### Assigned task
Please check every line of the listing for "crates" and copy each line where it is found.

----

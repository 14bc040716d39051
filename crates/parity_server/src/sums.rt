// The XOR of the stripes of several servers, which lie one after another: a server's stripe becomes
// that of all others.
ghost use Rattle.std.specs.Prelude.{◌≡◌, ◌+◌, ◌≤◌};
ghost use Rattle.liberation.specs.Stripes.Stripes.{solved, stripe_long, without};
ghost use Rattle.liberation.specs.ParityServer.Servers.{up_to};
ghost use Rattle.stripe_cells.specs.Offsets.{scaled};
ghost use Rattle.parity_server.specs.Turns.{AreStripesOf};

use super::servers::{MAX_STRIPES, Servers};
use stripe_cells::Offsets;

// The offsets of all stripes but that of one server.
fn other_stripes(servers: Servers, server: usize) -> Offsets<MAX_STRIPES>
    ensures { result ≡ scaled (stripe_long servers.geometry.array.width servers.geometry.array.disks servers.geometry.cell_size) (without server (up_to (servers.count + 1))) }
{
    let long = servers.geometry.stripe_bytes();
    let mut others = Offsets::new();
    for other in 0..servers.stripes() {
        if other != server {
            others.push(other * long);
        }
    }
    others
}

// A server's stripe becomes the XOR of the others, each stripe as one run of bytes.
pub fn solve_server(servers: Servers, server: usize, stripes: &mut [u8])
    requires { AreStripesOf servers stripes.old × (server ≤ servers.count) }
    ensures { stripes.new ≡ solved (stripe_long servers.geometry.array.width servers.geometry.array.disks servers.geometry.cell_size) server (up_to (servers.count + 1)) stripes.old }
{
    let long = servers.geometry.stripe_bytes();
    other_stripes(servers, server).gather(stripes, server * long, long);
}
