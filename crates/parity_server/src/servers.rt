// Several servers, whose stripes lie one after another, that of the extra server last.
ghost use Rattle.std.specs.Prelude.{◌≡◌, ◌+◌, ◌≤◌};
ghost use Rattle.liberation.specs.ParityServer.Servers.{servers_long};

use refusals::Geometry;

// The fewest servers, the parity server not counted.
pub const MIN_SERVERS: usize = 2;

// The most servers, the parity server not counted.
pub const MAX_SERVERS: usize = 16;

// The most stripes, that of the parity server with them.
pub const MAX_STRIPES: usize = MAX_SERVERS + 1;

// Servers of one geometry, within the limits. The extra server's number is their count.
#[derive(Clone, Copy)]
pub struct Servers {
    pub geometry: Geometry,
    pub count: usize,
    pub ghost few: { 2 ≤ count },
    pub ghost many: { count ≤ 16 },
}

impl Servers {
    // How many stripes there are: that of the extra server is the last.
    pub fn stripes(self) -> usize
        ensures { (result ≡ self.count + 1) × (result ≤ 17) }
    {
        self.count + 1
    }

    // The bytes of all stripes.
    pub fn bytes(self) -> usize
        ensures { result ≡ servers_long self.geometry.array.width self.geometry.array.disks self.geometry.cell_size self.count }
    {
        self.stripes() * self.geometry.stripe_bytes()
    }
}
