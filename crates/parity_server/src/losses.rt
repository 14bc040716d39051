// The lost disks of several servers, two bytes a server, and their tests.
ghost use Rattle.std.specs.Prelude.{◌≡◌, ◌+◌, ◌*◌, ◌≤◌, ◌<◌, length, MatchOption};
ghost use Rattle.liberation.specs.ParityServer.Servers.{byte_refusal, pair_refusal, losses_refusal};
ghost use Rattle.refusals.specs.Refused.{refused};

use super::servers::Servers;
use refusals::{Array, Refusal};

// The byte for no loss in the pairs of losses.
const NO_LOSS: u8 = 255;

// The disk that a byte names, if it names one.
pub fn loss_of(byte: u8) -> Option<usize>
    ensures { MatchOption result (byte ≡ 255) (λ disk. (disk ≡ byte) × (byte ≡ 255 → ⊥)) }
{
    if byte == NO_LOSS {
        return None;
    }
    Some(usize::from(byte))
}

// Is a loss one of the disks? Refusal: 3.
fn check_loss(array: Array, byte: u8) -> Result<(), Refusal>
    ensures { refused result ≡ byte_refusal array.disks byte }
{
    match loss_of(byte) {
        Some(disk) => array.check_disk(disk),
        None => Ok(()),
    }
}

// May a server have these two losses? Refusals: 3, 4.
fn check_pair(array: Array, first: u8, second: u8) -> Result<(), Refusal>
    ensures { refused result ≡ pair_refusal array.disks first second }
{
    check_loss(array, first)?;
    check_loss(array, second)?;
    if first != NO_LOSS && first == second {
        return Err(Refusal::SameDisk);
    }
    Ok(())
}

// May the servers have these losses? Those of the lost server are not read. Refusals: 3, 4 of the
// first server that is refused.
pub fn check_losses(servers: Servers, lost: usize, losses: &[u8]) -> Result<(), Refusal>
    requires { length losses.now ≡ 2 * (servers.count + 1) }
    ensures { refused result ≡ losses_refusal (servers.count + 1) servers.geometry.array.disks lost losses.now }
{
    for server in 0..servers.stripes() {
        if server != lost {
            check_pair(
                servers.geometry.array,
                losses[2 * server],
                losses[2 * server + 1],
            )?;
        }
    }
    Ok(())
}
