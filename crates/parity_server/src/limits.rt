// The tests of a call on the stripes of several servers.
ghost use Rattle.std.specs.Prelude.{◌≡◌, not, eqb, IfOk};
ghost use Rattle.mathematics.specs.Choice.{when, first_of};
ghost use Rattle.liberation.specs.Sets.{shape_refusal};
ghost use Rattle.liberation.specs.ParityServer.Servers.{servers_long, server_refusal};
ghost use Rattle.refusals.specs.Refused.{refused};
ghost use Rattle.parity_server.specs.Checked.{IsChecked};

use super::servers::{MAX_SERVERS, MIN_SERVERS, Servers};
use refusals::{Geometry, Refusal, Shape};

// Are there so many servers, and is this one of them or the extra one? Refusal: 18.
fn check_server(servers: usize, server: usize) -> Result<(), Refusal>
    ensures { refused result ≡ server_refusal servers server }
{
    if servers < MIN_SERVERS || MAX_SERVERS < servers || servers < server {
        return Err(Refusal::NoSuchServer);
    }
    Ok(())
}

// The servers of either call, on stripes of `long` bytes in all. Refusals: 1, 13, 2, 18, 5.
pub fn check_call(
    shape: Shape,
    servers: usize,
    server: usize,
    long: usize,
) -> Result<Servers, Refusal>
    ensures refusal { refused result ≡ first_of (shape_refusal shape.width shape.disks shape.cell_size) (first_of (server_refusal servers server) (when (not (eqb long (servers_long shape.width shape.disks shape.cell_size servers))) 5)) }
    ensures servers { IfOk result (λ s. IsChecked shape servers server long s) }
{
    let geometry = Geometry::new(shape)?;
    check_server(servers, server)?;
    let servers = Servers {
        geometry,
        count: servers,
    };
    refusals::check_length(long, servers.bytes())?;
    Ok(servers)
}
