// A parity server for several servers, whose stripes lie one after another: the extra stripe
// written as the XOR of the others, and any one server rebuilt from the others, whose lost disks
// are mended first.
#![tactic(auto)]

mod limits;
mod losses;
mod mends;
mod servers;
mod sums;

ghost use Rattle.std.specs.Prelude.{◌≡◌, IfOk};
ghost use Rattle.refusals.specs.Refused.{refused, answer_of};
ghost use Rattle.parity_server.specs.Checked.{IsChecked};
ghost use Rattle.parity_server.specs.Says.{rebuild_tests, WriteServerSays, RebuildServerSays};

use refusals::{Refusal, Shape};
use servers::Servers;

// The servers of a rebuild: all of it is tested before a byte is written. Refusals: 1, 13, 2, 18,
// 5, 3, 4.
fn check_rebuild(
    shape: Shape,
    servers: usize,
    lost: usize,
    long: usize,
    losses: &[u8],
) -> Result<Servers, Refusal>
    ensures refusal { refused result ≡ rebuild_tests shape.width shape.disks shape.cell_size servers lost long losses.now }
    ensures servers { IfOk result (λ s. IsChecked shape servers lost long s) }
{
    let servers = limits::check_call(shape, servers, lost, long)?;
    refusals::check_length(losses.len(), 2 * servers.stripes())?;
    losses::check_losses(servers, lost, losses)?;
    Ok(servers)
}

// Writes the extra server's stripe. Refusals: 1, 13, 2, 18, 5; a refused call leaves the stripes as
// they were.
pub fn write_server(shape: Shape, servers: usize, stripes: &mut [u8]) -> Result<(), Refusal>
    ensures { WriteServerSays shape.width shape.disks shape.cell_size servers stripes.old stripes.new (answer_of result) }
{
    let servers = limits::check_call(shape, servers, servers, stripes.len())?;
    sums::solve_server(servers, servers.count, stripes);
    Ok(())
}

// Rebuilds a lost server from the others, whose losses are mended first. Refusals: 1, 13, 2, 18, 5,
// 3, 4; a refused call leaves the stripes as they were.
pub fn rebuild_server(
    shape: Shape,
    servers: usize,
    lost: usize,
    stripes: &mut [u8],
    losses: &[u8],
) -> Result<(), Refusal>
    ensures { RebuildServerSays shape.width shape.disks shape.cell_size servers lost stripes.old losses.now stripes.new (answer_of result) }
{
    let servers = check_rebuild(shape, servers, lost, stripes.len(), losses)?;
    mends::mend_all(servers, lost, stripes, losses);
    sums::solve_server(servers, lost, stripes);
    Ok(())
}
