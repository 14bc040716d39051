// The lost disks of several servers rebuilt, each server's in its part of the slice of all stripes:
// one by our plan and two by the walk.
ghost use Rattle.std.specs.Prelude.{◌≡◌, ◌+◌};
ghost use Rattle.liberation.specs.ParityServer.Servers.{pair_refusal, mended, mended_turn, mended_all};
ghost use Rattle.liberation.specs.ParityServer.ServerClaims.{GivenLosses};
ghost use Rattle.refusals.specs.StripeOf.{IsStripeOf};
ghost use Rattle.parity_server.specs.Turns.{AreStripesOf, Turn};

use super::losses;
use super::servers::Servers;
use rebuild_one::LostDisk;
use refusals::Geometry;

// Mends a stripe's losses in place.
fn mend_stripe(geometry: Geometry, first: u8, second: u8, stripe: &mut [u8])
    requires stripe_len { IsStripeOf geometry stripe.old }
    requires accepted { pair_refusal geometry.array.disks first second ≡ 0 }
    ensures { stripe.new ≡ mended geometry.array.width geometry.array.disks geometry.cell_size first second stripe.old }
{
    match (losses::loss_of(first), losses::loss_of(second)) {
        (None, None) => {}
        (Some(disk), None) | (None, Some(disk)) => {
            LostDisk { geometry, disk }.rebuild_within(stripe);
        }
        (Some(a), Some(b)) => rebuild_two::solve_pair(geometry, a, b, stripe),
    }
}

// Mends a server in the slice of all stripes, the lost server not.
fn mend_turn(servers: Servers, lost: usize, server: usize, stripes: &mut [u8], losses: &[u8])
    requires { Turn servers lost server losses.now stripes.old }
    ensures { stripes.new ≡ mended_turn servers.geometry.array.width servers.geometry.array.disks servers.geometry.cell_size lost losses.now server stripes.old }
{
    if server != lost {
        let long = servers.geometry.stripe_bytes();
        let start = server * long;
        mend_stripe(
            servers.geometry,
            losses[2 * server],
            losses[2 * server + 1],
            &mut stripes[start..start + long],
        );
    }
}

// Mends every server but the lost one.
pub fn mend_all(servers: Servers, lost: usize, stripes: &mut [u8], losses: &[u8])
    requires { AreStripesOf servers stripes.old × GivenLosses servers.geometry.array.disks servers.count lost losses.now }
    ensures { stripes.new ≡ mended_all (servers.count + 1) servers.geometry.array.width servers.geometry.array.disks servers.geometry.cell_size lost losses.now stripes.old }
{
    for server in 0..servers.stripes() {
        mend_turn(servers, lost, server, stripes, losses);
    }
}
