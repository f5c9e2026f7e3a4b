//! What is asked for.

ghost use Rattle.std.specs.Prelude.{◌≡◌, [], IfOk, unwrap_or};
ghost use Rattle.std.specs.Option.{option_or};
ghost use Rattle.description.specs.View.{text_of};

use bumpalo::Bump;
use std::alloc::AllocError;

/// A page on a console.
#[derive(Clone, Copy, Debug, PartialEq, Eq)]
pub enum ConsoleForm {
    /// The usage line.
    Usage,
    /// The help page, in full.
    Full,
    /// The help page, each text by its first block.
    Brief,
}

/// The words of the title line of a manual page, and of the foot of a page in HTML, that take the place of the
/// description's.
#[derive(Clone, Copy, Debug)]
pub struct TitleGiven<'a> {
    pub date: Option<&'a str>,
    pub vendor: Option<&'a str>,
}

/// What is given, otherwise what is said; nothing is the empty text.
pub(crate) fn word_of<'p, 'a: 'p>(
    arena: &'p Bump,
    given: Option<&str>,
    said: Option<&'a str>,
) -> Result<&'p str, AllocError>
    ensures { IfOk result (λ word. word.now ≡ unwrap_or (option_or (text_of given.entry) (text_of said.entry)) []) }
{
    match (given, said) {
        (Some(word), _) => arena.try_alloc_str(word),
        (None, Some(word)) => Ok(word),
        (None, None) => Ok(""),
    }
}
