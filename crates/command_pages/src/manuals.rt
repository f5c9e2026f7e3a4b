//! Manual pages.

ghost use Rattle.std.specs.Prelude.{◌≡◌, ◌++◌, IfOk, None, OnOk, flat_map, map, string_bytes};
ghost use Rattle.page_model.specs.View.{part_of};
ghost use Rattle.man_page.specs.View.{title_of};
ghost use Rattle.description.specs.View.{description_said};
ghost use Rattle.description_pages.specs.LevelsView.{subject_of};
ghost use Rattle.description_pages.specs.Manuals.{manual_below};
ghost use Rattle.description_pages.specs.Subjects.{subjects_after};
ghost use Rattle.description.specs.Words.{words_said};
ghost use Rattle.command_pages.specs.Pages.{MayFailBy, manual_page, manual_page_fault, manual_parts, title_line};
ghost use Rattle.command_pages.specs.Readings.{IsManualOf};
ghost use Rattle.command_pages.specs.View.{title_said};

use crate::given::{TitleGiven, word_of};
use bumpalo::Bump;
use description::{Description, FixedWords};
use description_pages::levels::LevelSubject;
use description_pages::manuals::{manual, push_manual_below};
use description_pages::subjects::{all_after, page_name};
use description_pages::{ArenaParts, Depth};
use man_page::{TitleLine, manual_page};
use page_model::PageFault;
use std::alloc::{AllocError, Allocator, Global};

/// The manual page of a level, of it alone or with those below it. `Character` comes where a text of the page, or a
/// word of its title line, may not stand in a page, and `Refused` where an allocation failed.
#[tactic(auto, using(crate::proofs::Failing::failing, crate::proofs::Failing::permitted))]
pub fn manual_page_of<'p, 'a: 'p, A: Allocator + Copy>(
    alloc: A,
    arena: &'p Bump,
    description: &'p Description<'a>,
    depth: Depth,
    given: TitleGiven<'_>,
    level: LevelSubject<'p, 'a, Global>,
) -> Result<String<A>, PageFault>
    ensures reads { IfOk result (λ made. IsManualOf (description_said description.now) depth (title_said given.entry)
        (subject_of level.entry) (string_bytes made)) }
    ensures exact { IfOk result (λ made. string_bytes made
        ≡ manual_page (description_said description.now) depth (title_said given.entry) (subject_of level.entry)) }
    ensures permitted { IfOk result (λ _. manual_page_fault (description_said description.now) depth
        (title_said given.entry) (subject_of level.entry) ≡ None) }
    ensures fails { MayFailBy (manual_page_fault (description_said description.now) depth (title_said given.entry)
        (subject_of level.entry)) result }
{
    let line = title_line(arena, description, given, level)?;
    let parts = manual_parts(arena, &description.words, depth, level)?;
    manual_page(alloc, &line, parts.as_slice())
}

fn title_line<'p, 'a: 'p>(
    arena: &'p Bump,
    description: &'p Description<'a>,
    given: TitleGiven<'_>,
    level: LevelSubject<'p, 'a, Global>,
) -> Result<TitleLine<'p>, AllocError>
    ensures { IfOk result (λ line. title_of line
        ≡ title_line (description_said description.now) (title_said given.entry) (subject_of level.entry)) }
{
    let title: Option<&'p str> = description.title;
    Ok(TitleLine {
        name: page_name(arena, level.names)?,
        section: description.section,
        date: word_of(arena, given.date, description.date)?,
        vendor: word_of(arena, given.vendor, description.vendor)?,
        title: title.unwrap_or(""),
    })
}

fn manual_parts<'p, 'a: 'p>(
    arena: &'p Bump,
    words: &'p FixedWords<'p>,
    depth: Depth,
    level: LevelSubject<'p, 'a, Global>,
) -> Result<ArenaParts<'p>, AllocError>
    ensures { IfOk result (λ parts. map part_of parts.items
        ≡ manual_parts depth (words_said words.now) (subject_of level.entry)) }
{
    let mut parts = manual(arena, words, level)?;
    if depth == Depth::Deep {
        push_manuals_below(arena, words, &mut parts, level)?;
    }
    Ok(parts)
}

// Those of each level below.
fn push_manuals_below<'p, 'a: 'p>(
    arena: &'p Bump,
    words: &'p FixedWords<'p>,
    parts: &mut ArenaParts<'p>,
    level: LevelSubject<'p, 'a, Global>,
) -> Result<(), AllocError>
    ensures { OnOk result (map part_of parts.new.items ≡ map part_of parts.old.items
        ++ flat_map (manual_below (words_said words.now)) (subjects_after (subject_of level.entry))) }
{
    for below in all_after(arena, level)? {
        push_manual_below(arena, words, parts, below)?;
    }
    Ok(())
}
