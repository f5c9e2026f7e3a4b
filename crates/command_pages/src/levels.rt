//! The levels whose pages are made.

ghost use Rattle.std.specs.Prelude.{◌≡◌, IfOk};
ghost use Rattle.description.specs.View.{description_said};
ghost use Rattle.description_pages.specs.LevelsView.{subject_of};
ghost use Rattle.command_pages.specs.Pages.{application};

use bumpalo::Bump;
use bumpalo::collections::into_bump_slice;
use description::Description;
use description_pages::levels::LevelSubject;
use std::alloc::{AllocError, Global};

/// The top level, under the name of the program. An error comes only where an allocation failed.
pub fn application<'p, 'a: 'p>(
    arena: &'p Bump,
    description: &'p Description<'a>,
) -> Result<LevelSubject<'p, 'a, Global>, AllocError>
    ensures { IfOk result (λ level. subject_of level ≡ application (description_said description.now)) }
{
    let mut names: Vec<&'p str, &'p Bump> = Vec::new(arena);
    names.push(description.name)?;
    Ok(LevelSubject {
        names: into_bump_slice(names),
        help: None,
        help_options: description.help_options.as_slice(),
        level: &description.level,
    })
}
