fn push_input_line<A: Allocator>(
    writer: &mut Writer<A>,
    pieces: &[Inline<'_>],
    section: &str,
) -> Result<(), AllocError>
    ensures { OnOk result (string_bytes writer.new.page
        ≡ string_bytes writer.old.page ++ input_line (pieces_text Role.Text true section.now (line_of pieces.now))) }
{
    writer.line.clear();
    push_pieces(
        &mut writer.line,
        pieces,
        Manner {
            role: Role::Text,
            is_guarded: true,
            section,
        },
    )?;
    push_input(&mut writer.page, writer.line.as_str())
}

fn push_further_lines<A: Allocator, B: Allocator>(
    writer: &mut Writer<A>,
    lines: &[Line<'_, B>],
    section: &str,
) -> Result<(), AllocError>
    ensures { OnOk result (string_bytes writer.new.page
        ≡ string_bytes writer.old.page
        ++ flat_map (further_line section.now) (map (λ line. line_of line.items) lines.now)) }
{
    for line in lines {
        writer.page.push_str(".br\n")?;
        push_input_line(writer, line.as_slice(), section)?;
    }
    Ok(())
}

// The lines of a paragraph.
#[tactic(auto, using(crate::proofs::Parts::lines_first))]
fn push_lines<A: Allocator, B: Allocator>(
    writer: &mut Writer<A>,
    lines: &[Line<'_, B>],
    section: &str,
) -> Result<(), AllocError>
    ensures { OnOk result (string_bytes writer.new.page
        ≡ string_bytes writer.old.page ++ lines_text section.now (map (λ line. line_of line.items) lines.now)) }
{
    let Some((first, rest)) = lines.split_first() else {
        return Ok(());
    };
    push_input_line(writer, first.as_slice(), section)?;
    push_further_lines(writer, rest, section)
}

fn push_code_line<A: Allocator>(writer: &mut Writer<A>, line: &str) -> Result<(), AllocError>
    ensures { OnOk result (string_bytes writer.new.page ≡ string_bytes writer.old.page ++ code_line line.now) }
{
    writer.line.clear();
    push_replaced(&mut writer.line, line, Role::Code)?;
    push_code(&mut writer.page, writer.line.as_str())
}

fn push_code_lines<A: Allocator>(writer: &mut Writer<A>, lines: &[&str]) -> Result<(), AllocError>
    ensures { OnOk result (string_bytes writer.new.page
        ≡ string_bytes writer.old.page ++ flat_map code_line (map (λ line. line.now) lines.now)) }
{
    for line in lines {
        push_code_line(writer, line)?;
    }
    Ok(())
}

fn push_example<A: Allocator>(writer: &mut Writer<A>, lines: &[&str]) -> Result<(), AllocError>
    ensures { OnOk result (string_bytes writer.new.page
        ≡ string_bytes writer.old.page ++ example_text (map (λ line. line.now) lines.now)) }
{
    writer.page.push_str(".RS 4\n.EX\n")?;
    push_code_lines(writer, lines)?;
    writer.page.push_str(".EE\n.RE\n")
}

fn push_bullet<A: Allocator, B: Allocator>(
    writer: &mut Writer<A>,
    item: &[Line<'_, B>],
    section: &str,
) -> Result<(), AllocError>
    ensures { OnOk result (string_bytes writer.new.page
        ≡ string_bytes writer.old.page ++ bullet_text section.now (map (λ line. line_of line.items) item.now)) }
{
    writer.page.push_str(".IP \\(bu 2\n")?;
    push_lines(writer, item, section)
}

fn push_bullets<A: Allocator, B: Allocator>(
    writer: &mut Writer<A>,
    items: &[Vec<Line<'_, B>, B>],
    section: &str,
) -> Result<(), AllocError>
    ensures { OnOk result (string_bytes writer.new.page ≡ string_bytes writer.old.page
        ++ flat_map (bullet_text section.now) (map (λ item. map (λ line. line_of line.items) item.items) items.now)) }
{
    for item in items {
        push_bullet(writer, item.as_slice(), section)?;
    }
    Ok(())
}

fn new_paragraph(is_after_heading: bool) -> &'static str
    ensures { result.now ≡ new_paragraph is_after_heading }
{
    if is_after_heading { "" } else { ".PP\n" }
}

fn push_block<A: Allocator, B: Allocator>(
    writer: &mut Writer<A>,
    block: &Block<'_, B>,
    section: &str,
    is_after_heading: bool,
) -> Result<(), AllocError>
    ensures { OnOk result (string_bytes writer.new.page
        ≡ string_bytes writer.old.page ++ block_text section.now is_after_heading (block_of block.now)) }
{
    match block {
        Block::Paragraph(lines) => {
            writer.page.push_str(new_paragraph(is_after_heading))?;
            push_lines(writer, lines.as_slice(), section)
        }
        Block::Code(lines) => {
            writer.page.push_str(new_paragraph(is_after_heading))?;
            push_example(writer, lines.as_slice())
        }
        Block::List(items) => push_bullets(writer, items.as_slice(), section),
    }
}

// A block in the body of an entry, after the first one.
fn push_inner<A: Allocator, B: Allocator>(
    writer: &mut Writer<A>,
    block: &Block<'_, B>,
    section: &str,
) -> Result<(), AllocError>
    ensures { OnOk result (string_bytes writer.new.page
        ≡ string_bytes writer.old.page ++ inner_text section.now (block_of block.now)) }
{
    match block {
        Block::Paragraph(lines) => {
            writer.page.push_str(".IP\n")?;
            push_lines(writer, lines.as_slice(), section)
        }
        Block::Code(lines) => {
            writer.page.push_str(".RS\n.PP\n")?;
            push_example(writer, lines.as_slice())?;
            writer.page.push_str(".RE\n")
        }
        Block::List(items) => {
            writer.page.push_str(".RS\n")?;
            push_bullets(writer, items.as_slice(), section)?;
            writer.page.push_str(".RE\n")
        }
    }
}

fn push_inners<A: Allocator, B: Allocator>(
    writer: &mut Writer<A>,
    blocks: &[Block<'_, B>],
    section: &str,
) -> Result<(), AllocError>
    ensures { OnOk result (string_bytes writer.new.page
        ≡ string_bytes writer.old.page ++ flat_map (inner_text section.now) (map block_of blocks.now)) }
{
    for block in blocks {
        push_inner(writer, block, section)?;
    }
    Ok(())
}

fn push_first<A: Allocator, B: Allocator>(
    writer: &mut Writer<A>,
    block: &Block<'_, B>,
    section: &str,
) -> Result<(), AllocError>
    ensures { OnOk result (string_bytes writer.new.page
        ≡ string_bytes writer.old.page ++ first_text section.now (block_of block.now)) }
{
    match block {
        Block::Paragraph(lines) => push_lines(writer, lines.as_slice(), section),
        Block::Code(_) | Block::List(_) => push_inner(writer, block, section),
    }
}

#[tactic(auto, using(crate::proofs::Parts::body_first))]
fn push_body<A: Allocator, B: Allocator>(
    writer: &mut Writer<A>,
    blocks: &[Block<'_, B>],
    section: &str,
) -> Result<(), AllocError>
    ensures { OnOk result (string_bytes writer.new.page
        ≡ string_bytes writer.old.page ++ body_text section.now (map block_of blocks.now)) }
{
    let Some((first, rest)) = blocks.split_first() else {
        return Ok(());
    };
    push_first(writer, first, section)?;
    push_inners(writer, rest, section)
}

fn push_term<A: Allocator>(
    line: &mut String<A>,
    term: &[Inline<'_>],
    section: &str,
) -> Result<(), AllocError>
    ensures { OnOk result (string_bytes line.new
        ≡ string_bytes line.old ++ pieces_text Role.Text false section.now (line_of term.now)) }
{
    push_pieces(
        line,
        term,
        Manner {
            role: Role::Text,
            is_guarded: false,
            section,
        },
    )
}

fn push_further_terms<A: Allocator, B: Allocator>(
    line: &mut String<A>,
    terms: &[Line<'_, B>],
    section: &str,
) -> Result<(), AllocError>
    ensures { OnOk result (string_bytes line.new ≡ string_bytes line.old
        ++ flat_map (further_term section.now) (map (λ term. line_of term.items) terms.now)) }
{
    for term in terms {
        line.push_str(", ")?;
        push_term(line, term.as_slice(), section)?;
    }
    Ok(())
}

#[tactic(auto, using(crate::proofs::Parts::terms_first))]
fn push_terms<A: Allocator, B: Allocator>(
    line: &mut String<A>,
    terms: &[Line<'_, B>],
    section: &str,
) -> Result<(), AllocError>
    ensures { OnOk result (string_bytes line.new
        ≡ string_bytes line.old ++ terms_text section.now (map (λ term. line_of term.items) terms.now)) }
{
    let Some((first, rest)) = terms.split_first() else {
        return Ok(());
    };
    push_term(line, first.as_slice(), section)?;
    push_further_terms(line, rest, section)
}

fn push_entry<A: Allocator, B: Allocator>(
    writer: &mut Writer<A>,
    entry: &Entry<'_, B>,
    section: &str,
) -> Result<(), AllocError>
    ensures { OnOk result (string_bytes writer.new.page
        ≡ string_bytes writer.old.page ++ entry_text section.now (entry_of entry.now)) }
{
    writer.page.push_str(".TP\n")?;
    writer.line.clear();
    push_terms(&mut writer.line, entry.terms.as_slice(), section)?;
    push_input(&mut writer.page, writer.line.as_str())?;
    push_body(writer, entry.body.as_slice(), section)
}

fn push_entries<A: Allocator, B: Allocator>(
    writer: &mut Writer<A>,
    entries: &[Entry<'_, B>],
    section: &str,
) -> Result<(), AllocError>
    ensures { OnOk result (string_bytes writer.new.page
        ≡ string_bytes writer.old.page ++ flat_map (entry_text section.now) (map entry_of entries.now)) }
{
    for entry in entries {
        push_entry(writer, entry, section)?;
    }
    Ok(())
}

----

### Written solution
filename crates/parity_server/src/sums.rt
filename crates/parity_server/src/servers.rt
filename crates/parity_server/src/losses.rt
filename crates/parity_server/src/limits.rt
filename crates/command_pages/src/manuals.rt
filename crates/command_pages/src/levels.rt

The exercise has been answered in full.